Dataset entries
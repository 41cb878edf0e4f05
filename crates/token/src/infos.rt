//! What a token tells.
ghost use Rattle.std.specs.Prelude.{◌≡◌, MatchResult};
ghost use Rattle.token.specs.Told.{ToldAt, Untold};
ghost use Rattle.token.specs.Records.{imprint_in, version_of, info_in, info_of};

use crate::located::{ImprintParts, InfoParts};
use der::{Reader, Span, walk_first};
use fields::{Inside, enter, expect, finish, read_number, read_single};
use index::read_algorithm;
use message::MessageFault;

/// How many levels the contents of an octet string have of their own.
const LEVELS: u8 = 32;

/// The algorithm and the digest in the imprint field.
fn read_imprint(reader: &Reader, field: Span) -> Result<ImprintParts, usize>
    ensures { result ≡ imprint_in reader.now.bytes.now field }
{
    let mut inside = enter(reader, field);
    let algorithm = read_algorithm(&mut inside)?;
    let imprint = expect(&mut inside, 0x04)?;
    finish(&inside)?;
    Ok(ImprintParts {
        field,
        algorithm,
        imprint,
    })
}

/// The version, which stands at `place`.
fn check_version(place: usize, version: u8) -> Result<(), usize>
    ensures { result ≡ version_of place version }
{
    if version == 1 { Ok(()) } else { Err(place) }
}

/// The fields up to the imprint.
#[derive(Clone, Copy)]
struct InfoFields;

impl Inside for InfoFields {
    type Parts = InfoParts;

    ghost outcome = { λ _. info_in };

    fn read(&self, reader: &Reader, whole: Span) -> Result<InfoParts, usize> {
        let mut inside = enter(reader, whole);
        let version = read_number(&mut inside)?;
        check_version(whole.body, version.value)?;
        let policy = expect(&mut inside, 0x06)?;
        let field = expect(&mut inside, 0x30)?;
        let imprint = read_imprint(&inside, field)?;
        Ok(InfoParts {
            whole,
            policy,
            imprint,
        })
    }
}

/// What is told from the reader's offset to its end, or the place of the first break.
fn read_parts(reader: Reader) -> Result<InfoParts, usize>
    ensures { result ≡ info_of reader.entry.bytes.now reader.entry.at reader.entry.end }
{
    read_single(reader, 0x30, &InfoFields)
}

// Walked and read as `message::read_formed` does: a function for both would take the reading with its clauses, and be longer.

/// What the contents of a token's octet string tell, walked from level 1; or what is at fault, from their start.
pub fn read_info(contents: &[u8]) -> Result<InfoParts, MessageFault>
    ensures { MatchResult result (ToldAt contents.now) (Untold contents.now) }
{
    walk_first(contents, LEVELS)?;
    read_parts(Reader::new(contents)).map_err(MessageFault::Field)
}
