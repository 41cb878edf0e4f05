//! Tokens as a whole.
ghost use Rattle.std.specs.Prelude.{◌≡◌, MatchResult};
ghost use Rattle.token.specs.Tokens.{octets_for, TokenAt, NoToken};

use crate::infos::read_info;
use crate::parts::{TokenFault, TokenParts};
use cms::{Content, ContentForm, Settings, SignerCount};
use der::{Element, Span};
use message::read_within;
use rules::find_signer;

/// The settings of a token.
const SETTINGS: Settings = Settings {
    signers: SignerCount::ExactlyOne,
    content: ContentForm::TimeStampInfo,
};

/// The octet string of plain content.
fn octets_of(content: Content) -> Option<Span>
    ensures { result ≡ octets_for content }
{
    match content {
        Content::Plain { octets, .. } => Some(octets),
        Content::Detached | Content::Segmented { .. } => None,
    }
}

/// Where the parts of a token lie, with so many levels at hand; or what is at fault.
/// The contents of its octet string are handed on with their place.
pub fn read_token(token: &[u8], levels: u8) -> Result<TokenParts, TokenFault>
    ensures { MatchResult result (TokenAt levels token.now) (NoToken levels token.now) }
{
    let message = read_within(token, SETTINGS, levels)?;
    let Some(octets) = octets_of(message.info.content) else {
        unreachable()
    };
    let Some(signer) = find_signer(message.signers.inside(token), 0) else {
        unreachable()
    };
    let contents = Element {
        bytes: token,
        span: octets,
    };
    let info = read_info(contents.contents()).map_err(|fault| TokenFault::Info {
        at: octets.body,
        fault,
    })?;
    Ok(TokenParts {
        message,
        signer,
        octets,
        info,
    })
}
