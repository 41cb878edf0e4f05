//! Time-stamp tokens: signed messages with one signer, whose content tells what was stamped.
//!
//! `read_token` finds where the parts of a token lie. What a token is stands in the crate `stamp_model`; the
//! grammar of what it tells in `specs/Grammar.antt`, and what is at fault with other bytes in `specs/Tokens.antt`.
#![tactic(auto)]

mod infos;
mod laws;
mod located;
mod parts;
mod tokens;

pub use infos::read_info;
pub use laws::laws_hold;
pub use located::{ImprintParts, InfoParts};
pub use parts::{TokenFault, TokenParts};
pub use tokens::read_token;
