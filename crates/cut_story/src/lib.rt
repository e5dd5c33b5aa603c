// One story of two recorded links: specs/ has what is claimed of refilled buffers and of `cut`, proofs/ the theorems. No code.
#![tactic(auto)]
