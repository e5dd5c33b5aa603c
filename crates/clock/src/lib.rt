// Counts, offsets and ages: KIND-1.
#![tactic(auto)]

ghost use Rattle.std.specs.Prelude.{◌≡◌, ℤ, pos, ◌+ℤ◌, ◌-ℤ◌, neg_ℤ, int_lt, unsigned_abs};
ghost use Rattle.clock.specs.Clock.{wrapped, centred, goes_back, wait_of, age_of, no_age, verdict_of, sign_magnitude_of, offset_read};

// A clock's count of 10 ms ticks, mod 2^32.
#[derive(Clone, Copy, PartialEq, Eq, Debug)]
pub struct Count(pub u32);

// Own count minus the peer's.
#[derive(Clone, Copy, PartialEq, Eq, Debug)]
pub struct Offset(pub i32);

// How old a message is; negative where it seems to come from the future.
#[derive(Clone, Copy, PartialEq, Eq, Debug)]
pub struct Age(pub i32);

// What an age says of a message: 206, 205, or handed up.
#[derive(Clone, Copy, PartialEq, Eq, Debug)]
pub enum Verdict {
    Future,
    Late,
    Fresh,
}

// An offset as a message carries it.
#[derive(Clone, Copy, PartialEq, Eq, Debug)]
pub struct SignMagnitude {
    pub sign: u8,
    pub magnitude: u32,
}

// KIND-3: a number taken in -2^31 .. 2^31-1. Offsets and ages are such numbers, of two kinds.
pub trait Centred: Copy {
    ghost number: { Self → ℤ };

    fn number(self) -> i32
        ensures { result ≡ number self };

    fn of_number(z: i32) -> Self
        ensures { number result ≡ z };

    // The one that is x mod 2^32.
    final fn of_bits(x: u32) -> Self
        ensures { number result ≡ centred (pos x) }
    {
        Self::of_number(x.cast_signed())
    }

    // The number mod 2^32: its two's complement.
    final fn bits(self) -> u32
        ensures { result ≡ wrapped (number self) }
    {
        self.number().cast_unsigned()
    }

    // Its size, up to 2^31, which is no i32.
    final fn size(self) -> u32
        ensures { result ≡ unsigned_abs (number self) }
    {
        self.number().unsigned_abs()
    }

    final fn negative(self) -> bool
        ensures { result ≡ int_lt (number self) (pos 0) }
    {
        self.number() < 0
    }
}

impl Centred for Offset {
    ghost number = { λ offset. offset.0 };

    fn number(self) -> i32 {
        self.0
    }

    fn of_number(z: i32) -> Offset {
        Offset(z)
    }
}

impl Centred for Age {
    ghost number = { λ age. age.0 };

    fn number(self) -> i32 {
        self.0
    }

    fn of_number(z: i32) -> Age {
        Age(z)
    }
}

impl Count {
    // KIND-4, from the remembered clock to this one: mod 2^32, their difference is in the upper half.
    pub fn goes_back(self, last: Count) -> bool
        ensures { result ≡ goes_back self.0 last.0 }
    {
        0x8000_0000 <= self.wait_of(last)
    }

    // How long a wait has lasted that a send at since began: not centred.
    pub fn wait_of(self, since: Count) -> u32
        ensures { result ≡ wait_of self.0 since.0 }
    {
        self.0.wrapping_sub(since.0)
    }
}

impl Offset {
    // The centred difference of two counts.
    pub fn between(own: Count, peer: Count) -> Offset
        ensures { result.0 ≡ centred (pos own.0 -ℤ pos peer.0) }
    {
        Offset::of_bits(own.0.wrapping_sub(peer.0))
    }

    // KIND-6: of -2^31 it is -2^31 again.
    pub fn negated(self) -> Offset
        ensures { result.0 ≡ centred (neg_ℤ self.0) }
    {
        Offset(self.0.wrapping_neg())
    }

    // Stays: names, and no operators: these wrap, where `+` and `-` of numbers ask that the result fits.
    pub fn plus(self, other: Offset) -> Offset
        ensures { result.0 ≡ centred (self.0 +ℤ other.0) }
    {
        Offset(self.0.wrapping_add(other.0))
    }

    pub fn minus(self, other: Offset) -> Offset
        ensures { result.0 ≡ centred (self.0 -ℤ other.0) }
    {
        Offset(self.0.wrapping_sub(other.0))
    }

    // As a message carries it: of a negative offset, the magnitude is its negation, up to 2^31.
    pub fn sign_magnitude(self) -> SignMagnitude
        ensures { result ≡ sign_magnitude_of self.0 }
    {
        let negative = self.negative();
        SignMagnitude {
            sign: u8::from(negative),
            magnitude: if negative {
                self.negated().bits()
            } else {
                self.bits()
            },
        }
    }

    // From what a message carries: with sign 1, the magnitude negated.
    pub fn read(sign: u8, magnitude: u32) -> Option<Offset>
        ensures { result ≡ offset_read sign magnitude }
    {
        match sign {
            0 if magnitude < 0x8000_0000 => Some(Offset::of_bits(magnitude)),
            1 if (1..=0x8000_0000).contains(&magnitude) => Some(Offset::of_bits(
                magnitude,
            ).negated()),
            _ => None,
        }
    }
}

impl Age {
    // AGE-8: where none is reported.
    pub fn none() -> Age
        ensures { result ≡ no_age }
    {
        Age(0)
    }

    // AGE-1.
    pub fn of(now: Count, stamp: Count, e: u32, min: Offset) -> Age
        ensures { result.0 ≡ age_of now.0 stamp.0 e min.0 }
    {
        let apart = now.0.wrapping_sub(stamp.0);
        let later = apart.wrapping_add(e);
        Age::of_bits(later.wrapping_sub(min.bits()))
    }

    // What T_max makes of it.
    pub fn verdict_of(self, t_max: u32) -> Verdict
        ensures { result ≡ verdict_of self.0 t_max }
    {
        if self.negative() {
            Verdict::Future
        } else if t_max < self.size() {
            Verdict::Late
        } else {
            Verdict::Fresh
        }
    }
}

:: AIM OF THE TASK ::
Looking at the data above, show all lines where the word "expect" occurs.

:: WRITTEN RESPONSE ::
use fields::{Inside, enter, expect, finish, read_number, read_single};
    let imprint = expect(&mut inside, 0x04)?;
        let policy = expect(&mut inside, 0x06)?;
        let field = expect(&mut inside, 0x30)?;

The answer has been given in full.